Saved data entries
....................
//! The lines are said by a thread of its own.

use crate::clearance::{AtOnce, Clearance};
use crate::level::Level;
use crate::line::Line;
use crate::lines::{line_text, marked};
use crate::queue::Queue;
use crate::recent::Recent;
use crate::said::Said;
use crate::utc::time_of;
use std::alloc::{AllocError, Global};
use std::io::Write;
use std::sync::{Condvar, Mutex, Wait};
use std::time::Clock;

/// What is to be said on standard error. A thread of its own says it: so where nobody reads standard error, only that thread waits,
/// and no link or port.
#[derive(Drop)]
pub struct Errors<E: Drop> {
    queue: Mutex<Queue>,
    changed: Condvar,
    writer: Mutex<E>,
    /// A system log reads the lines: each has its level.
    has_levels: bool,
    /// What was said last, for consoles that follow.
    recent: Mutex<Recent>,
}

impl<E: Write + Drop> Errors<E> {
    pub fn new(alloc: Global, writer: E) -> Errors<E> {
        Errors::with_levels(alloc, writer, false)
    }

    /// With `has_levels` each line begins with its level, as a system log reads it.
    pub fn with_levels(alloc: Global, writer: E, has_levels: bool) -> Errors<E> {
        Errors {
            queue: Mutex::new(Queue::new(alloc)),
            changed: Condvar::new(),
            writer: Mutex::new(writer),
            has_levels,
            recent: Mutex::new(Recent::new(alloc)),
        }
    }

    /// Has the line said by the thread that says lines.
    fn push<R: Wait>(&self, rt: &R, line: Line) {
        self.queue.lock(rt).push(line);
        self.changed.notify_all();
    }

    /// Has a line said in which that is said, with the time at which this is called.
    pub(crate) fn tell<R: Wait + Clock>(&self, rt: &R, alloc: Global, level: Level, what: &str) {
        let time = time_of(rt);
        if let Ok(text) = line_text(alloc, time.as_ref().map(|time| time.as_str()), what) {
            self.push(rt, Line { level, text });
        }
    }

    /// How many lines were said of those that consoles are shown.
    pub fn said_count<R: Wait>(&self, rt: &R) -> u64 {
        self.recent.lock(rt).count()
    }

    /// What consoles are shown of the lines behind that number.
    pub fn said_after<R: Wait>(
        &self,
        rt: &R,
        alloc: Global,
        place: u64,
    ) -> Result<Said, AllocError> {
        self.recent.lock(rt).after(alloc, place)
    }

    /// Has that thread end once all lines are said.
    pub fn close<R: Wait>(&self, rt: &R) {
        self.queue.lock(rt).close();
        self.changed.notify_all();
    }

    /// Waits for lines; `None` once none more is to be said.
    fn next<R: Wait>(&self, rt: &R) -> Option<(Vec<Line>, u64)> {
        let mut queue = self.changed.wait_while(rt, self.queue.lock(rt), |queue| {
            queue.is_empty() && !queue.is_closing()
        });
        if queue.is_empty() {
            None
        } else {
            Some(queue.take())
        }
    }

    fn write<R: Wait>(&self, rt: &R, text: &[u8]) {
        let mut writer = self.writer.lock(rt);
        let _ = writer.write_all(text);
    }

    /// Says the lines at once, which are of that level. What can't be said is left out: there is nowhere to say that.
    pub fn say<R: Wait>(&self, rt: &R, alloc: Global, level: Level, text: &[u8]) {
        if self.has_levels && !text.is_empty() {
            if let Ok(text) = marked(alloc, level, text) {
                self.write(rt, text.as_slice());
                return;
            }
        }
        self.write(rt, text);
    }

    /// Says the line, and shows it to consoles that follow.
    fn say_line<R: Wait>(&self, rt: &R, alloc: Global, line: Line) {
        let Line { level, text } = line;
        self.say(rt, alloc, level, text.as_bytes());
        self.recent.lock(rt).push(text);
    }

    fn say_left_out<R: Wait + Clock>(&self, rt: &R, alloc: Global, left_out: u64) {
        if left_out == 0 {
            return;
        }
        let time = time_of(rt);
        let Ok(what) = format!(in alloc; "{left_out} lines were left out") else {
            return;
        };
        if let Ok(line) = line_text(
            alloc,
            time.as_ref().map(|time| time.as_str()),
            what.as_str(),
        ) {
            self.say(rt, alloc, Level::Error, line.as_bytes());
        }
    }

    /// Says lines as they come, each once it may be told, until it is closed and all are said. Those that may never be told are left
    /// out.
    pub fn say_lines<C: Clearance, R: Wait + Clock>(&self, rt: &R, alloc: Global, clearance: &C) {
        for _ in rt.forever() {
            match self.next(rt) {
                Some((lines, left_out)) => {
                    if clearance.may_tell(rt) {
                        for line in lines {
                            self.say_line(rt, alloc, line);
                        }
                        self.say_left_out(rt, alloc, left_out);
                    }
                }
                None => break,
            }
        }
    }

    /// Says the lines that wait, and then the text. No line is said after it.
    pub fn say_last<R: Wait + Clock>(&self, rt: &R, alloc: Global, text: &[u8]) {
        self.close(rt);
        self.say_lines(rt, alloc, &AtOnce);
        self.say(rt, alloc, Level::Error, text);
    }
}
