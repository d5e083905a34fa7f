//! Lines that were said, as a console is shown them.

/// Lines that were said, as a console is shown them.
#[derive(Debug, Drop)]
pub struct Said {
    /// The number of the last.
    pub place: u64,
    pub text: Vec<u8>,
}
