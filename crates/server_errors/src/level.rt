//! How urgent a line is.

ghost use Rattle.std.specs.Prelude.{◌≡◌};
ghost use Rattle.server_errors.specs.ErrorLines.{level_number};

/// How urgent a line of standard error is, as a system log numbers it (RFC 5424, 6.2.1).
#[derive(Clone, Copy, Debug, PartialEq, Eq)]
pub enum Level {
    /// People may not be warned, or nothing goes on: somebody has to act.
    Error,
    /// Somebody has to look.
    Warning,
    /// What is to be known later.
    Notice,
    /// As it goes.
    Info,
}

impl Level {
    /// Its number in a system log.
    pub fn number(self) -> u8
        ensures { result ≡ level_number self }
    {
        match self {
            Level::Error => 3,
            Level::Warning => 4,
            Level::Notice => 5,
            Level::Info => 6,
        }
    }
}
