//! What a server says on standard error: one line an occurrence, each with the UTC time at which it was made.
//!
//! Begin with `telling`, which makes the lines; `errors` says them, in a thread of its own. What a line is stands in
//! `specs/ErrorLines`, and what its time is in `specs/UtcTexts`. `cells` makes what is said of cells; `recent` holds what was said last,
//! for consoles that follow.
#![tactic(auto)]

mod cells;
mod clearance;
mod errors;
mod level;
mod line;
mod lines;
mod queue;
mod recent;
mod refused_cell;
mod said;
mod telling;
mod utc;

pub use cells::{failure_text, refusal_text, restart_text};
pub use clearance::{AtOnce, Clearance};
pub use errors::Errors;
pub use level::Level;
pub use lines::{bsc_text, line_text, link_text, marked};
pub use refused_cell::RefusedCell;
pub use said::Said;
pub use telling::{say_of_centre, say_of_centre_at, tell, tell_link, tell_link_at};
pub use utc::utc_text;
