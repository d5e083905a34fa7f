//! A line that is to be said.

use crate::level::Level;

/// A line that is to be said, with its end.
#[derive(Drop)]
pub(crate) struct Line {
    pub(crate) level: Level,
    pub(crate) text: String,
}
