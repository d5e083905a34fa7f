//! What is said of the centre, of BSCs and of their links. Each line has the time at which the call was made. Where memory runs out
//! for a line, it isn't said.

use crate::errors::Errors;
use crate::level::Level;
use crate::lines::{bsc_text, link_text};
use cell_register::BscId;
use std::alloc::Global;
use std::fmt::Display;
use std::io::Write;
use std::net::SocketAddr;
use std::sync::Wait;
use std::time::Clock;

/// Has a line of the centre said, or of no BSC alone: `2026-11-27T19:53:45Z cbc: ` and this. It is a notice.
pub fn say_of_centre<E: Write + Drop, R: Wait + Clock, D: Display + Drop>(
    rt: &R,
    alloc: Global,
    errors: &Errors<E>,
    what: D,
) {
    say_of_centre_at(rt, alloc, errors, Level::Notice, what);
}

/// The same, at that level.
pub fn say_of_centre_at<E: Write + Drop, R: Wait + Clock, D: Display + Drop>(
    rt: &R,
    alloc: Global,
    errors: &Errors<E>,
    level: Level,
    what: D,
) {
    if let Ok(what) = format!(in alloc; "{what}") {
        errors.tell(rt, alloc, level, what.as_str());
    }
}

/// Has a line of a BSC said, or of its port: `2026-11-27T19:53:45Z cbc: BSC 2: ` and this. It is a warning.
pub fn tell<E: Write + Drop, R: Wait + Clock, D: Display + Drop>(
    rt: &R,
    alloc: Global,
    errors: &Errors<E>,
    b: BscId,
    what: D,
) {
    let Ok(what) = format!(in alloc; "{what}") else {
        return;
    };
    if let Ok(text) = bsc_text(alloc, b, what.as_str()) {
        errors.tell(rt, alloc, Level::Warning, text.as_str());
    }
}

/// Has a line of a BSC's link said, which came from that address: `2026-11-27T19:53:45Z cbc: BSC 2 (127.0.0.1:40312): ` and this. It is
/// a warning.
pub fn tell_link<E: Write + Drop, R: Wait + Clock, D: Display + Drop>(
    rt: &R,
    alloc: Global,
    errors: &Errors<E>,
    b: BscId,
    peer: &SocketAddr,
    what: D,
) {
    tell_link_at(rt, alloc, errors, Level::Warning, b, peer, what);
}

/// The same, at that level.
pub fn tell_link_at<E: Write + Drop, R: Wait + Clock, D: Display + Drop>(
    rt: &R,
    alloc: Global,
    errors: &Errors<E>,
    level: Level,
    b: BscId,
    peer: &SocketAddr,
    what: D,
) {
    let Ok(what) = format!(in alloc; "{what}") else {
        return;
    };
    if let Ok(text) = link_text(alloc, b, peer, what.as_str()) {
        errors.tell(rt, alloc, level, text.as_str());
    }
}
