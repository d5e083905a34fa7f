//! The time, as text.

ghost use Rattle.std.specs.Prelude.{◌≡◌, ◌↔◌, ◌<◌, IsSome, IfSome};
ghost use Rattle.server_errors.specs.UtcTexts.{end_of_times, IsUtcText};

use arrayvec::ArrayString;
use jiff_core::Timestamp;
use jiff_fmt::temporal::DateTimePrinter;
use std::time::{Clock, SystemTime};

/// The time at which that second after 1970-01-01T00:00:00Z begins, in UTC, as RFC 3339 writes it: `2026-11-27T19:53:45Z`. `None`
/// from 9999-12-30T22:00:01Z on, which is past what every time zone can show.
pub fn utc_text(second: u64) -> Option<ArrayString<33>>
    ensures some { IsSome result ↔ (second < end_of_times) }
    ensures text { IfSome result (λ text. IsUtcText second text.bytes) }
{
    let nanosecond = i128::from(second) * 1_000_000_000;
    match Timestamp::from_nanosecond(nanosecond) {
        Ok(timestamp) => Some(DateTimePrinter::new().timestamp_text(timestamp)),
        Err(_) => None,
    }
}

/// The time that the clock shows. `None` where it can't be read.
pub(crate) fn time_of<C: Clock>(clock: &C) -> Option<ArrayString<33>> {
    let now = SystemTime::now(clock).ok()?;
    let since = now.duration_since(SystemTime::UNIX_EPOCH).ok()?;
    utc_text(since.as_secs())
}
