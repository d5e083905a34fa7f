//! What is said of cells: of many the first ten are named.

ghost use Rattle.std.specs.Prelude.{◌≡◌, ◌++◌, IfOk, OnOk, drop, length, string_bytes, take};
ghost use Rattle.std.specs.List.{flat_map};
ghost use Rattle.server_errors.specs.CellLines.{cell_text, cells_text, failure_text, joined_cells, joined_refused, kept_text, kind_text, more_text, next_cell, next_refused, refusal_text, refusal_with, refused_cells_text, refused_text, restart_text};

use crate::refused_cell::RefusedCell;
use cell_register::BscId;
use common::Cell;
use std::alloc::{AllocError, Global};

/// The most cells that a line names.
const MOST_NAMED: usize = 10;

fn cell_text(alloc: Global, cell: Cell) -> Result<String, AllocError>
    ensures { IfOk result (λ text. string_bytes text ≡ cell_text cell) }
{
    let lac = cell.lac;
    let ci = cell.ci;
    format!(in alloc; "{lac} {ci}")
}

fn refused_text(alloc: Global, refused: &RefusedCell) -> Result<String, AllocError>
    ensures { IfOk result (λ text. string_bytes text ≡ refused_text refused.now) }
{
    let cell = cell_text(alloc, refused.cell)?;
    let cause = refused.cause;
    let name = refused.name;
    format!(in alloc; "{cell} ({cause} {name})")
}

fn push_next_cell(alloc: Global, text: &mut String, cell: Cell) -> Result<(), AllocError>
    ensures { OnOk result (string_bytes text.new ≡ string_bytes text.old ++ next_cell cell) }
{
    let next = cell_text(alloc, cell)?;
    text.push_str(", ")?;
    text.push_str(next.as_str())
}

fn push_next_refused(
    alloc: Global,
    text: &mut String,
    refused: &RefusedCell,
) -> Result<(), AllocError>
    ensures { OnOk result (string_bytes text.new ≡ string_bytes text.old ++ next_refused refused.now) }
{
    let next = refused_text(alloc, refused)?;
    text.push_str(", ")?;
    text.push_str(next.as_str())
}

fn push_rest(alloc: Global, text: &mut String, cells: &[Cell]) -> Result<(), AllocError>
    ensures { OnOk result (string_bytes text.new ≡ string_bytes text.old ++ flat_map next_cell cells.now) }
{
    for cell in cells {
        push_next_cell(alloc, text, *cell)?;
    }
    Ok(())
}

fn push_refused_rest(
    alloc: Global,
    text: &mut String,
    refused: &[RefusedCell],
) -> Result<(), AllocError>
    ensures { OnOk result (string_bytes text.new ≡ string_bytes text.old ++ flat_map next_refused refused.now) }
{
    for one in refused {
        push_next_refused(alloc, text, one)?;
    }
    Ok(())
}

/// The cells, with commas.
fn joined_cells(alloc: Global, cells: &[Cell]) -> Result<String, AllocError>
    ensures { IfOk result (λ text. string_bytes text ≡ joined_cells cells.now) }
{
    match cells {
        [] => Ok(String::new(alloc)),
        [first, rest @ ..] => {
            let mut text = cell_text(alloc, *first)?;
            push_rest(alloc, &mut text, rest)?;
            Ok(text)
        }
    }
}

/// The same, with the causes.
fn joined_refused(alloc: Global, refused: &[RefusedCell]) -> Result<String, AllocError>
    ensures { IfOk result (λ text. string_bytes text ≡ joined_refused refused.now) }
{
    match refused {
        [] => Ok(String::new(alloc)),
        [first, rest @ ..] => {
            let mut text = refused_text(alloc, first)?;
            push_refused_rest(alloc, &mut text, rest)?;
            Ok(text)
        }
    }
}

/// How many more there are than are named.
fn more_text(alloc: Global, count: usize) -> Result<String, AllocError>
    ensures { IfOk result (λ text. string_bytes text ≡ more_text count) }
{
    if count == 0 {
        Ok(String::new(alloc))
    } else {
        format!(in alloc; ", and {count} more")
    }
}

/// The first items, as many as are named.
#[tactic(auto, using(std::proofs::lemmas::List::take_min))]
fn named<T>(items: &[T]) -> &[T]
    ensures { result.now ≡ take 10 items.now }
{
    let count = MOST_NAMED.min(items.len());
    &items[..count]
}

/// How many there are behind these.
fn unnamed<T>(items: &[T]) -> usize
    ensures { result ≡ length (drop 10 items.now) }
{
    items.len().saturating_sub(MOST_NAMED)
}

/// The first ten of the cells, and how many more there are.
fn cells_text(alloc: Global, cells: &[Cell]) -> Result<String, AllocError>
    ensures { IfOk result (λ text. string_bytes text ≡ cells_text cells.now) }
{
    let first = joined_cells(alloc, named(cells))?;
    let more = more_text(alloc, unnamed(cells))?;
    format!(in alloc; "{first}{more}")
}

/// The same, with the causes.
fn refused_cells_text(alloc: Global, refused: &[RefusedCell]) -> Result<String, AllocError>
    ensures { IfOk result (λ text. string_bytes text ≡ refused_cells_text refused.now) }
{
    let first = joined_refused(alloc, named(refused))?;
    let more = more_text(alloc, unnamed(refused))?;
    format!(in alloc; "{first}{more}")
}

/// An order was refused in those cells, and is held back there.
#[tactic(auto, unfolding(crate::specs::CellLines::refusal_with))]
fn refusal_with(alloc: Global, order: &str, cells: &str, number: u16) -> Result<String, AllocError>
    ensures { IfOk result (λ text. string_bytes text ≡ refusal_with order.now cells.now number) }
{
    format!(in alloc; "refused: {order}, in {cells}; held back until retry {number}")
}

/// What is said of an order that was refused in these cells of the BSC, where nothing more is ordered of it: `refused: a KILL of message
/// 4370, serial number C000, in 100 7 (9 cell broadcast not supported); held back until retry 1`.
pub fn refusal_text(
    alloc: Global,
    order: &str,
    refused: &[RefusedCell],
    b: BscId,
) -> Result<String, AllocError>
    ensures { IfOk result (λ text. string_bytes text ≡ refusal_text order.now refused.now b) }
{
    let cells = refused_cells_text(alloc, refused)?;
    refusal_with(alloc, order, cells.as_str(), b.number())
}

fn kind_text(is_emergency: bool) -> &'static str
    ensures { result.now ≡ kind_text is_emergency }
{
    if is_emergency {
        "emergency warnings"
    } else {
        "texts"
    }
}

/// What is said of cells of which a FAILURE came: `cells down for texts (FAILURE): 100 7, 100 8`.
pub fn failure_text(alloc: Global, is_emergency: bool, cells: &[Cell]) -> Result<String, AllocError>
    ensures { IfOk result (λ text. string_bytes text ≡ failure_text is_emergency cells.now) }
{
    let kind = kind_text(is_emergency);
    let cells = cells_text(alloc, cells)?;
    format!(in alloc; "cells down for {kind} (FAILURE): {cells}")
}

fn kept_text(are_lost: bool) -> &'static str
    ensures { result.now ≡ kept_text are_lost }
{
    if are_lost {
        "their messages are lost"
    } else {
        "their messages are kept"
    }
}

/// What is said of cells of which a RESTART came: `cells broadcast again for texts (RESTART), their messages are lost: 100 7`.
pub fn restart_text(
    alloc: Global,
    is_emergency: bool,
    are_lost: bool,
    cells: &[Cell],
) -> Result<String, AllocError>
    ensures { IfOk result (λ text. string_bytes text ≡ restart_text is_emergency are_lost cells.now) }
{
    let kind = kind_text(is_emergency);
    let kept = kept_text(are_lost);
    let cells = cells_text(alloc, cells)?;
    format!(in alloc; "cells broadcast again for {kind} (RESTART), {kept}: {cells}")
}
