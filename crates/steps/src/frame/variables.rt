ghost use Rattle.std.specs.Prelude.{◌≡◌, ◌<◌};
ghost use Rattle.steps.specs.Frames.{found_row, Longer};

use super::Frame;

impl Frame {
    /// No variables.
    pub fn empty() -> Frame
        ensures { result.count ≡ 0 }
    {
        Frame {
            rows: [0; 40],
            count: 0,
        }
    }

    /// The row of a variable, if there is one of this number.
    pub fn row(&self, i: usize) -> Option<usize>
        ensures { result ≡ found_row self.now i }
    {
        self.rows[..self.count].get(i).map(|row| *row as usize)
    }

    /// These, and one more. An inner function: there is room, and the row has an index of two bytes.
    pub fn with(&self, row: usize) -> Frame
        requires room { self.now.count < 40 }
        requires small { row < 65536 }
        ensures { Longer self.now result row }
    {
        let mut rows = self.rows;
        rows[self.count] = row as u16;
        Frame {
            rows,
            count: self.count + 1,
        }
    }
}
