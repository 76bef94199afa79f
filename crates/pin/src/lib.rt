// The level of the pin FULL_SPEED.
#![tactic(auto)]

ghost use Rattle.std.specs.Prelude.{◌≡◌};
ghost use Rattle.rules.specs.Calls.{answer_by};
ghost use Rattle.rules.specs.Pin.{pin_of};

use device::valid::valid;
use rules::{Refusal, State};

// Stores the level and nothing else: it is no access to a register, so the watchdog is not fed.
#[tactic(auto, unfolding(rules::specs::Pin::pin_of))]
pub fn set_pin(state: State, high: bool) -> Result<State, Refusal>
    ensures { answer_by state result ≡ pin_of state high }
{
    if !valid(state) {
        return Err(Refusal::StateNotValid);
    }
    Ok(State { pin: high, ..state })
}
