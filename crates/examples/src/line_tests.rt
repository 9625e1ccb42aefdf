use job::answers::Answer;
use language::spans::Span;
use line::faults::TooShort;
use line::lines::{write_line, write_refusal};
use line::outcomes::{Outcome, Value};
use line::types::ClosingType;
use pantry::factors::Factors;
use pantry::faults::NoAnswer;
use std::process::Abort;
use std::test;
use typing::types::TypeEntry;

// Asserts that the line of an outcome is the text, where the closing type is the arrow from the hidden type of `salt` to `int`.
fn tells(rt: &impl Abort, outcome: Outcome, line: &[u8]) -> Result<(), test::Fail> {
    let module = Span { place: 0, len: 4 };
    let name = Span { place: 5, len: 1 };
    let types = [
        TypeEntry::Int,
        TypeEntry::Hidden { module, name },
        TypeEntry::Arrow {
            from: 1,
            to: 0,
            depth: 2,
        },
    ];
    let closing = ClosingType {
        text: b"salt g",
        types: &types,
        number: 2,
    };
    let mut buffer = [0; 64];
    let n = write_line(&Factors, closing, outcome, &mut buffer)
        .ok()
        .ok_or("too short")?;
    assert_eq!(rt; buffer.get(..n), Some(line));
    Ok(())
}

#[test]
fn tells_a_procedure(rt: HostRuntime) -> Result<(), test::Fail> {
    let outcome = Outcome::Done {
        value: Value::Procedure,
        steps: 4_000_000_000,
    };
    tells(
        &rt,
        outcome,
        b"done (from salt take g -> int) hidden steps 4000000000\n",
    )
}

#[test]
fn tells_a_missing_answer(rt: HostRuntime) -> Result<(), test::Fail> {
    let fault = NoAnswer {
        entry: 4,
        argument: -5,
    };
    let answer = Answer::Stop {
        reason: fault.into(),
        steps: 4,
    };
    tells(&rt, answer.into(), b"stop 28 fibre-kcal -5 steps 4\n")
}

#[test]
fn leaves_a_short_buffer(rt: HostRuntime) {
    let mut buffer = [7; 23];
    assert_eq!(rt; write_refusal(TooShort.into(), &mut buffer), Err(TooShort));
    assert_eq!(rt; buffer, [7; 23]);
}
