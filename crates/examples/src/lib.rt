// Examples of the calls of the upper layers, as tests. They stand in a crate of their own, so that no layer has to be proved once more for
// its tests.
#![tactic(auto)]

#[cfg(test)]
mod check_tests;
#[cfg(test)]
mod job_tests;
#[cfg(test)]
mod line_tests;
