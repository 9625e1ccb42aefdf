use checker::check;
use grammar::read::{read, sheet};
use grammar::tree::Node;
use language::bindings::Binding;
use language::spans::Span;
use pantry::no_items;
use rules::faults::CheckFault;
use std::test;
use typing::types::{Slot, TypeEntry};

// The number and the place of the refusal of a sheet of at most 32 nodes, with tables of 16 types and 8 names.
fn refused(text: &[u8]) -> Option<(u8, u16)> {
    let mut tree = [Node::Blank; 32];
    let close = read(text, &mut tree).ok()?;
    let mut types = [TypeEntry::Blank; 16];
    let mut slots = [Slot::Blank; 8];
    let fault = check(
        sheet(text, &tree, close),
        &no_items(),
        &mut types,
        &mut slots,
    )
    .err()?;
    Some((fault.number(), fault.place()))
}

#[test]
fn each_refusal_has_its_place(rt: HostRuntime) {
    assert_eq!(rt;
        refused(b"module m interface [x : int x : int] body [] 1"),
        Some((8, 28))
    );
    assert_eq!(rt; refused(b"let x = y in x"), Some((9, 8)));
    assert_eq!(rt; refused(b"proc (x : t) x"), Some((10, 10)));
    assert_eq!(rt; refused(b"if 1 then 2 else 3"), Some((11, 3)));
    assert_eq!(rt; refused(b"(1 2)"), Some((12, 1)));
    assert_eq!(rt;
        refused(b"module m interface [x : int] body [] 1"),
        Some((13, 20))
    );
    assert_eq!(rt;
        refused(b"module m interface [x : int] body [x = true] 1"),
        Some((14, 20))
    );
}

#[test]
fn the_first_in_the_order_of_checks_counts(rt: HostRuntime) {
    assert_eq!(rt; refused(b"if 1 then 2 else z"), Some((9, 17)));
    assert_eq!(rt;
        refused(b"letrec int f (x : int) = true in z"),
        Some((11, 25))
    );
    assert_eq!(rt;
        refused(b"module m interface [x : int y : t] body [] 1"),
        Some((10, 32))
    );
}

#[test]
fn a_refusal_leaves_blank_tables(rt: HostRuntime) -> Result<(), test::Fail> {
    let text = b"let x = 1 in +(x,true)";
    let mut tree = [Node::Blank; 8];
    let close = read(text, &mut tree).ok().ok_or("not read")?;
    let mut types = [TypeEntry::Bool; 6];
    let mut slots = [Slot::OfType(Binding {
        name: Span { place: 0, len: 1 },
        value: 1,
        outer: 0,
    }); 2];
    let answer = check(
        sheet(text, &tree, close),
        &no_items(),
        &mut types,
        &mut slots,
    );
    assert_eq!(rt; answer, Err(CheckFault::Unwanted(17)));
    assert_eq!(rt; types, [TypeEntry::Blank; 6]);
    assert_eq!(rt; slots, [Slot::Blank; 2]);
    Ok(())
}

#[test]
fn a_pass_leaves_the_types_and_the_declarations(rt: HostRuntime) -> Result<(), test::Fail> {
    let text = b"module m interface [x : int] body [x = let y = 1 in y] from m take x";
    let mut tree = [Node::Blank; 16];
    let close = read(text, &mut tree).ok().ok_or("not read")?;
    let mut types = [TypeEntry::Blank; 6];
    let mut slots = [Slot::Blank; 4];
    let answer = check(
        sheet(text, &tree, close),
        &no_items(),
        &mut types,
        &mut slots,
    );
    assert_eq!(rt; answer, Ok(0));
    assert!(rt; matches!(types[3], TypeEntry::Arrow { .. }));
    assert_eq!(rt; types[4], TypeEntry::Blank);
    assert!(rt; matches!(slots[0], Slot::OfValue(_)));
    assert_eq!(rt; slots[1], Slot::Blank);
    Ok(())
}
....................
WHAT YOU NEED TO DO:
Write out a verbatim copy of the data, beginning with its first line and ending with the line that contains "fn push<R: Wait>(&self, rt: &R, line: Line)".

EXERCISE RESPONSE:
//! The lines are said by a thread of its own.

use crate::clearance::{AtOnce, Clearance};
use crate::level::Level;
use crate::line::Line;
use crate::lines::{line_text, marked};
use crate::queue::Queue;
use crate::recent::Recent;
use crate::said::Said;
use crate::utc::time_of;
use std::alloc::{AllocError, Global};
use std::io::Write;
use std::sync::{Condvar, Mutex, Wait};
use std::time::Clock;

/// What is to be said on standard error. A thread of its own says it: so where nobody reads standard error, only that thread waits,
/// and no link or port.
#[derive(Drop)]
pub struct Errors<E: Drop> {
    queue: Mutex<Queue>,
    changed: Condvar,
    writer: Mutex<E>,
    /// A system log reads the lines: each has its level.
    has_levels: bool,
    /// What was said last, for consoles that follow.
    recent: Mutex<Recent>,
}

impl<E: Write + Drop> Errors<E> {
    pub fn new(alloc: Global, writer: E) -> Errors<E> {
        Errors::with_levels(alloc, writer, false)
    }

    /// With `has_levels` each line begins with its level, as a system log reads it.
    pub fn with_levels(alloc: Global, writer: E, has_levels: bool) -> Errors<E> {
        Errors {
            queue: Mutex::new(Queue::new(alloc)),
            changed: Condvar::new(),
            writer: Mutex::new(writer),
            has_levels,
            recent: Mutex::new(Recent::new(alloc)),
        }
    }

    /// Has the line said by the thread that says lines.
    fn push<R: Wait>(&self, rt: &R, line: Line) {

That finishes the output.